Scott Stricklin: Hiring a coach isn't like buying a TV (Featured)

Florida has an opening for a head football coach, and AD Scott Stricklin will spend the next month feeling out agents, talking to his friends within the industry and studying the pool of available candidates. And while a month is an eternity of time to study a coach's record, his Xs and Os and his philosophy, it still doesn't get you any closer to answering the essential question: You may be able to coach, but can you coach at Florida?

What does it mean to coach at Florida?

It means to coach at a place where football essentially did not exist before 1990. And since 1990, Florida has employed two kinds of coaches: College Football Hall of Famers who competed for SEC and national championships with regularity, and guys who got run off.

Ron Zook never had a losing season -- heck, Ron Zook never had a season where he finished outside the Top 25 -- and lasted three seasons. Will Muschamp was let go two seasons after reaching the Sugar Bowl. And on Sunday Jim McElwain was allowed-slash-encouraged to walk after two-and-a-half seasons. Which means McElwain never coached a complete season in which he did not win the SEC East and still didn't last three seasons.

The other group, of course, is a club that includes Steve Spurrier and Urban Meyer. They collected seven SEC championships and three national titles in 18 combined seasons.

You're either in one group or the other, and the next Florida coach needs to understand that going in. These are expectations, by the way, that Stricklin explicitly embraced on Sunday evening.

So on Sunday Stricklin was asked how he can gauge a candidate's ability to coach at Florida -- to have people calling for his head over the crime of turning in a 10-3 season -- from across a table.

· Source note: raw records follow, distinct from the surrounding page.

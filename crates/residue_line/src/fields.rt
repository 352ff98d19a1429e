// The fields of a residue line as numbers, in the order of request One.

ghost use Rattle.std.specs.Prelude.{◌≡◌};
ghost use Rattle.residue_line.specs.Fields.{result_of, tagged_of};

use field::residue::RESULT;
use field::{LOST, Tagged};

// How many bytes a line's digits write.
pub const BYTES: usize = 12;

// One type for these and the record, `Sample<Tagged<i16>>` and `Sample<Option<i16>>`, would save this list alone:
// no struct update changes a type, so either would be written out from the other as it is.
#[derive(Clone, Copy)]
pub struct Fields {
    pub kind: u8,
    pub year: u16,
    pub month: u8,
    pub days: u8,
    pub compound: u8,
    pub comparison: i16,
    pub result: Tagged<i16>,
    pub count: u8,
}

// A result by its tag. No `From`, for the reason that stands at the other way, below.
#[tactic(auto, unfolding(crate::specs::Fields::result_of))]
pub fn result_of(t: Tagged<i16>) -> Option<i16>
    ensures { result ≡ result_of t }
{
    (t.tag == RESULT).then_some(t.number)
}

// A result's tag and log. No `From`: here "an impl of another crate's trait must name a type of this crate", and
// in `field` it would stand away from `result_of`.
#[tactic(auto, unfolding(crate::specs::Fields::tagged_of))]
pub fn tagged_of(res: Option<i16>) -> Tagged<i16>
    ensures { result ≡ tagged_of res }
{
    match res {
        Some(number) => Tagged {
            tag: RESULT,
            number,
        },
        None => Tagged {
            tag: LOST,
            number: 0,
        },
    }
}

"I think fans look at hiring coaches kind of like you and I might look at going to Best Buy and buying a new TV. You look on the side of the box and you read all the specs and when you open up the box, that's what's going to be in there. Personnel hirings are not like that. You may think you're getting something, sometimes you don't know until they get there," Stricklin said.

"But what you can do is look for certain traits. I believe there are certain traits that lead to successful leaders. Whether it's hard work, whether it's character, whether it's competitiveness, their ability to sell both to fans and recruits. These are figure-it-out kind of jobs. Every school is different. Every school is unique. Every school has its own set of strengths and challenges and there's not a one size fits all approach, so you've got to get somebody who's smart enough to come in and figure out the puzzle at your particular school."

Stricklin didn't box himself in to a certain type of search on Sunday. He may retain a search firm or he may not. He may hire a sitting head coach or he may not. He revealed one word that will guide his search: fun. In 25 years in the business of watching Florida from afar, Stricklin said, when Florida was rolling "it looked like they were having fun."

Spurrier and Meyer were offensive innovators, and the only innovating Florida has done on that side of the ball since Meyer's departure has been to devise new ways to send their fans to bed on Saturday nights with migraines. Consider that Florida has not finished in the top half nationally in yards per play since Tim Tebow left campus in 2009.

Florida's Yards Per Play Rank in the Post-Tebow Era
2010: 5.17 -- 84th
2011: 5.42 -- 67th
2012: 5.25 -- 92nd
2013: 4.79 -- 110th
2014: 5.24 -- 94th
2015: 5.11 -- 102nd
2016: 5.19 -- 105th
2017: 5.38 -- 81st

Scott Stricklin won't stroll down to Best Buy to pick out his new hire, but the next head football coach at Florida will come with a certain set of specs regardless: the ability to have fun, the ability to score points, and the ability to take down Nick Saban and rule the SEC and college football as a whole -- or else.